Clarification on mutually exclusive use of self-attention and cross-attention in DiffusionModelUNetMaisi
Hi MONAI team,
while reading through the implementation of DiffusionModelUNetMaisi, I noticed the following logic for enabling attention at each level:
with_attn = attention_levels[i] and not with_conditioning
with_cross_attn = attention_levels[i] and with_conditioning
This effectively means that self-attention is never used when the model is in conditioning mode (with_conditioning=True), even if attention_levels[i] is True.
Is this behavior intentional?
In other diffusion-based architectures such as Stable Diffusion, it is common practice to enable both self-attention and cross-attention simultaneously within the same layers.
Would it be acceptable, or even recommended, to modify the logic as follows to allow both mechanisms in parallel? Or is there a specific reason this mutual exclusivity was enforced?
Looking forward to your insights, and thank you for the great work on this model!
Best regards, Daniele Molino
Any News?
Hi @dongyang0122 @guopengf I think this is code you've worked on recently, would you have any insights here? Thanks!
The DiffusionModelUNetMaisi implementation of MONAI is largely inspired by the following references. We did not explore this aspect in depth during development. We would appreciate it if you could let us know whether enabling both settings improves performance for your use case. Thank you.

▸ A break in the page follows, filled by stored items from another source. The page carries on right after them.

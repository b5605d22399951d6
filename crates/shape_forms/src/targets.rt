//! Targets whose arguments were found, and assignments.
ghost use Rattle.std.specs.Prelude.{◌≡◌, ◌∷◌, ◌++◌, [], Some, None, option_map, IfOk, OnOk};
ghost use Rattle.sail_core.specs.declared.targets.TargetKind.TheVariants as T;
ghost use Rattle.sail_types.specs.declared.shapes.Shape.TheVariants as V;
ghost use Rattle.shape_rules.specs.declared.error.ShapeError.TheVariants as error;
ghost use Rattle.shape_rules.specs.Findings.{first_failure};
ghost use Rattle.shape_rules.specs.Calls.{chosen};
ghost use Rattle.shape_rules.specs.Targets as target;
ghost use Rattle.shape_rules.specs.Statements as statements;
ghost use Rattle.shape_calls.specs.Apart.{note_of};
ghost use Rattle.shape_calls.specs.Picked.{choice_of};
ghost use Rattle.shape_calls.specs.Ways.{aim_of};
ghost use Rattle.shape_forms.specs.Aims.{solved_of, several_read};
ghost use Rattle.shape_walks.specs.Walks.{args_of};

use crate::openness::note_open;
use sail_base::{Items, Place};
use sail_core::{Callee, Caller, Core, Suffix as Step, Target, TargetKind};
use sail_syntax::Name;
use sail_types::{Shape, copy_shape};
use shape_calls::{
    Aim, Choice, aimed_nowhere, caller_of, choose, doing_callee, last_param, missing, note_apart,
    reader_of, settled, small_place,
};
use shape_joins::put_shape;
use shape_rules::{Candidate, First, ShapeError};
use shape_walks::{Walk, known_shapes};
use std::alloc::{AllocError, Global};

/// A target that is a call; a place for it where nothing writes it.
fn call_target(
    alloc: Global,
    place: Place,
    count: u32,
    reader: Option<Caller>,
    writer: Option<Callee>,
) -> Target
    ensures { result ≡ target.call_target place count reader writer }
{
    let kind = match writer {
        Some(writer) => TargetKind::Call(count, reader, caller_of(writer)),
        None => TargetKind::Register(0),
    };
    Target {
        place,
        number: 0,
        kind,
        parts: Items::new(alloc),
    }
}

/// `f(a)` of one callee as a target, whose arguments were found. The one error is want of memory.
pub fn aim_callee(
    alloc: Global,
    name: &Name,
    callee: &Candidate,
    count: usize,
    walk: Walk,
) -> Result<Aim, AllocError>
    ensures { IfOk result (λ aim. aim ≡ aim_of (target.callee_aimed name.now callee.now count (solved_of walk))) }
{
    let Walk { plan, cores, .. } = walk;
    let known = known_shapes(alloc, plan);
    let shape = last_param(alloc, callee.params.as_slice(), known.as_slice())?;
    let answer = put_shape(alloc, &callee.answer, known.as_slice())?;
    let count = small_place(count)?;
    let target = call_target(alloc, name.place, count, None, doing_callee(callee.doing));
    Ok(Aim {
        shape,
        target,
        parts: cores,
        answer,
    })
}

/// `f(a)` of several callees as a target, whose arguments were found: the first is taken that takes one argument more. Notes that none
/// does. The one error is want of memory.
pub fn aim_member(
    alloc: Global,
    name: &Name,
    callees: &[Candidate],
    walk: Walk,
    first: &mut First,
) -> Result<Aim, AllocError>
    ensures aim { IfOk result (λ aim. aim ≡ aim_of (target.call_aimed name.now [] (args_of walk)
        (chosen callees.now walk.shapes) (chosen callees.now (walk.shapes ++ V.Never ∷ [])))) }
    ensures failures { OnOk result (first.new.error ≡ first_failure first.old.error (target.call_aimed name.now [] (args_of walk)
        (chosen callees.now walk.shapes) (chosen callees.now (walk.shapes ++ V.Never ∷ []))).faults) }
{
    let reader = choose(alloc, callees, walk.shapes.as_slice())?;
    aim_writer(alloc, name, callees, &reader, Shape::Never, walk, first)
}

/// `f(a)` of several callees as a target, by the one that reads it: the first is taken to write it that takes a value of this shape as
/// one argument more.
fn aim_writer(
    alloc: Global,
    name: &Name,
    callees: &[Candidate],
    reader: &Option<Choice<'_>>,
    value: Shape,
    walk: Walk,
    first: &mut First,
) -> Result<Aim, AllocError>
    ensures aim { IfOk result (λ aim. aim ≡ aim_of (target.call_aimed name.now [] (args_of walk) (option_map choice_of reader.now)
        (chosen callees.now (walk.shapes ++ value ∷ [])))) }
    ensures failures { OnOk result (first.new.error ≡ first_failure first.old.error (target.call_aimed name.now [] (args_of walk)
        (option_map choice_of reader.now) (chosen callees.now (walk.shapes ++ value ∷ []))).faults) }
{
    let Walk {
        mut shapes,
        cores,
        ..
    } = walk;
    shapes.push(value)?;
    match choose(alloc, callees, shapes.as_slice())? {
        Some(Choice { candidate, known }) => {
            let shape = last_param(alloc, candidate.params.as_slice(), known.as_slice())?;
            let answer = put_shape(alloc, &candidate.answer, known.as_slice())?;
            let writer = doing_callee(candidate.doing);
            let count = small_place(cores.len())?;
            let target = call_target(alloc, name.place, count, reader_of(reader), writer);
            Ok(Aim {
                shape,
                target,
                parts: cores,
                answer,
            })
        }
        None => {
            note_no_member(name, first)?;
            Ok(aimed_nowhere(alloc, name.place))
        }
    }
}

/// Notes that no member of this name takes the arguments.
fn note_no_member(name: &Name, first: &mut First) -> Result<(), AllocError>
    ensures { OnOk result (first.new.error ≡ first_failure first.old.error (error.NoMember name.now.place name.now.text ∷ [])) }
{
    let place = name.place;
    let name = name.text.clone()?;
    first.note(ShapeError::NoMember { place, name });
    Ok(())
}

/// Notes that no member takes the arguments of a call, where none was chosen.
fn note_unfound(
    name: &Name,
    reader: &Option<Choice<'_>>,
    first: &mut First,
) -> Result<(), AllocError>
    ensures { OnOk result (first.new.error ≡ first_failure first.old.error (target.unread name.now 0 None (option_map choice_of reader.now))) }
{
    match reader {
        Some(_) => Ok(()),
        None => note_no_member(name, first),
    }
}

/// The shape of what a callee that was chosen gives; `Never` where none was.
fn read_shape(alloc: Global, reader: &Option<Choice<'_>>) -> Result<Shape, AllocError>
    ensures { IfOk result (λ shape. shape ≡ target.read_shape (option_map choice_of reader.now)) }
{
    match reader {
        Some(choice) => put_shape(alloc, &choice.candidate.answer, choice.known.as_slice()),
        None => Ok(Shape::Never),
    }
}

/// `f(a)` of one callee as the base of a part, which was found as a target: what is there to be replaced has the shape that a call on
/// arguments of these shapes gives. Notes another count of parameters than of arguments, and a shape that leaves something open. The one
/// error is want of memory.
pub fn read_one(
    alloc: Global,
    name: &Name,
    callee: &Candidate,
    callees: &[Candidate],
    aim: Aim,
    count: usize,
    shapes: &[Shape],
    first: &mut First,
) -> Result<Aim, AllocError>
    ensures aim { IfOk result (λ made. made ≡ record aim { shape = target.read_shape (chosen callees.now shapes.now) }) }
    ensures failures { OnOk result (first.new.error ≡ first_failure first.old.error (target.unread name.now count (Some callee.now)
        (chosen callees.now shapes.now) ++ target.open_faults name.now.place (target.read_shape (chosen callees.now shapes.now)))) }
{
    let reader = choose(alloc, callees, shapes)?;
    let shape = read_shape(alloc, &reader)?;
    note_unread(name, callee, count, &reader, first);
    note_open(name.place, &shape, first);
    let Aim {
        shape: _,
        target,
        parts,
        answer,
    } = aim;
    Ok(Aim {
        shape,
        target,
        parts,
        answer,
    })
}

/// Notes that a call of one callee can't be read: it has another count of parameters.
fn note_unread(
    name: &Name,
    callee: &Candidate,
    count: usize,
    reader: &Option<Choice<'_>>,
    first: &mut First,
)
    ensures { first.new.error ≡ first_failure first.old.error
        (target.unread name.now count (Some callee.now) (option_map choice_of reader.now)) }
{
    let wanted = callee.params.len();
    if reader.is_none() && wanted != count {
        first.note(ShapeError::Arity {
            place: name.place,
            wanted,
            found: count,
        });
    }
}

/// `f(a)` of several callees as the base of a part, whose arguments were found: the first reads it that takes them, and the first
/// writes it that takes what is read as one argument more. Notes where none does, and a shape that leaves something open. The one error
/// is want of memory.
pub fn read_member(
    alloc: Global,
    name: &Name,
    callees: &[Candidate],
    walk: Walk,
    first: &mut First,
) -> Result<Aim, AllocError>
    ensures aim { IfOk result (λ aim. aim ≡ aim_of (several_read name.now callees.now walk (chosen callees.now walk.shapes))) }
    ensures failures { OnOk result (first.new.error ≡ first_failure first.old.error
        (several_read name.now callees.now walk (chosen callees.now walk.shapes)).faults) }
{
    let reader = choose(alloc, callees, walk.shapes.as_slice())?;
    read_chosen(alloc, name, callees, &reader, walk, first)
}

/// The same, by the callee that reads it.
#[tactic(auto, using(shape_rules::proofs::Firsts::first_failure_append))]
fn read_chosen(
    alloc: Global,
    name: &Name,
    callees: &[Candidate],
    reader: &Option<Choice<'_>>,
    walk: Walk,
    first: &mut First,
) -> Result<Aim, AllocError>
    ensures aim { IfOk result (λ aim. aim ≡ aim_of (several_read name.now callees.now walk (option_map choice_of reader.now))) }
    ensures failures { OnOk result (first.new.error ≡ first_failure first.old.error
        (several_read name.now callees.now walk (option_map choice_of reader.now)).faults) }
{
    let shape = read_shape(alloc, reader)?;
    let value = copy_shape(alloc, &shape)?;
    let aim = aim_writer(alloc, name, callees, reader, value, walk, first)?;
    note_unfound(name, reader, first)?;
    note_open(name.place, &shape, first);
    let Aim {
        shape: _,
        target,
        parts,
        answer,
    } = aim;
    Ok(Aim {
        shape,
        target,
        parts,
        answer,
    })
}

/// `(a, b)` of targets that were found.
pub fn tuple_aimed(
    place: Place,
    shapes: Items<Shape>,
    targets: Items<Target>,
    parts: Items<Core>,
) -> Aim
    ensures { result
        ≡ record { shape = V.Tuple shapes; target = target.target place T.Tuple targets; parts = parts; answer = V.Unit } }
{
    Aim {
        shape: Shape::Tuple(shapes),
        target: Target {
            place,
            number: 0,
            kind: TargetKind::Tuple,
            parts: targets,
        },
        parts,
        answer: Shape::Unit,
    }
}

/// A part of a target that was found, by the ways into it: the shape of what is there, and the arguments and indexes in both. The one
/// error is want of memory.
pub fn part_aimed(
    alloc: Global,
    place: Place,
    shape: Shape,
    inside: Target,
    ways: Items<Step>,
    parts: Items<Core>,
    answer: Shape,
) -> Result<Aim, AllocError>
    ensures { IfOk result (λ aim. aim ≡ record {
      shape = shape;
      target = target.target place (T.Part ways) (inside ∷ []);
      parts = parts;
      answer = answer;
    }) }
{
    let mut targets = Items::new(alloc);
    targets.push(inside)?;
    Ok(Aim {
        shape,
        target: Target {
            place,
            number: 0,
            kind: TargetKind::Part(ways),
            parts: targets,
        },
        parts,
        answer,
    })
}

/// Notes an assignment inside another, of this shape, where another is wanted, and then what was noted apart. The one error is want of
/// memory.
pub fn note_inner(
    alloc: Global,
    place: Place,
    want: &Shape,
    answer: &Shape,
    apart: First,
    first: &mut First,
) -> Result<(), AllocError>
    ensures { OnOk result (first.new.error
        ≡ note_of (first_failure first.old.error (statements.inner_faults place want.now answer.now)) apart.error) }
{
    let answer = copy_shape(alloc, answer)?;
    let core = missing(alloc, place);
    settled(alloc, place, want, answer, core, first)?;
    note_apart(first, apart);
    Ok(())
}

https://github.com/Project-MONAI/GenerativeModels/blob/main/generative/networks/nets/diffusion_model_unet.py#L1787-L1788 https://github.com/Project-MONAI/MONAI/blob/dev/monai/networks/nets/diffusion_model_unet.py#L1643-L1644
Thank you for your clarification and for sharing the references. I manually implemented the option to enable both self- and cross-attention within the DiffusionModelUNetMaisi architecture and ran several experiments. In my case, I did not observe any clear performance improvement, especially considering the noticeable increase in computational cost.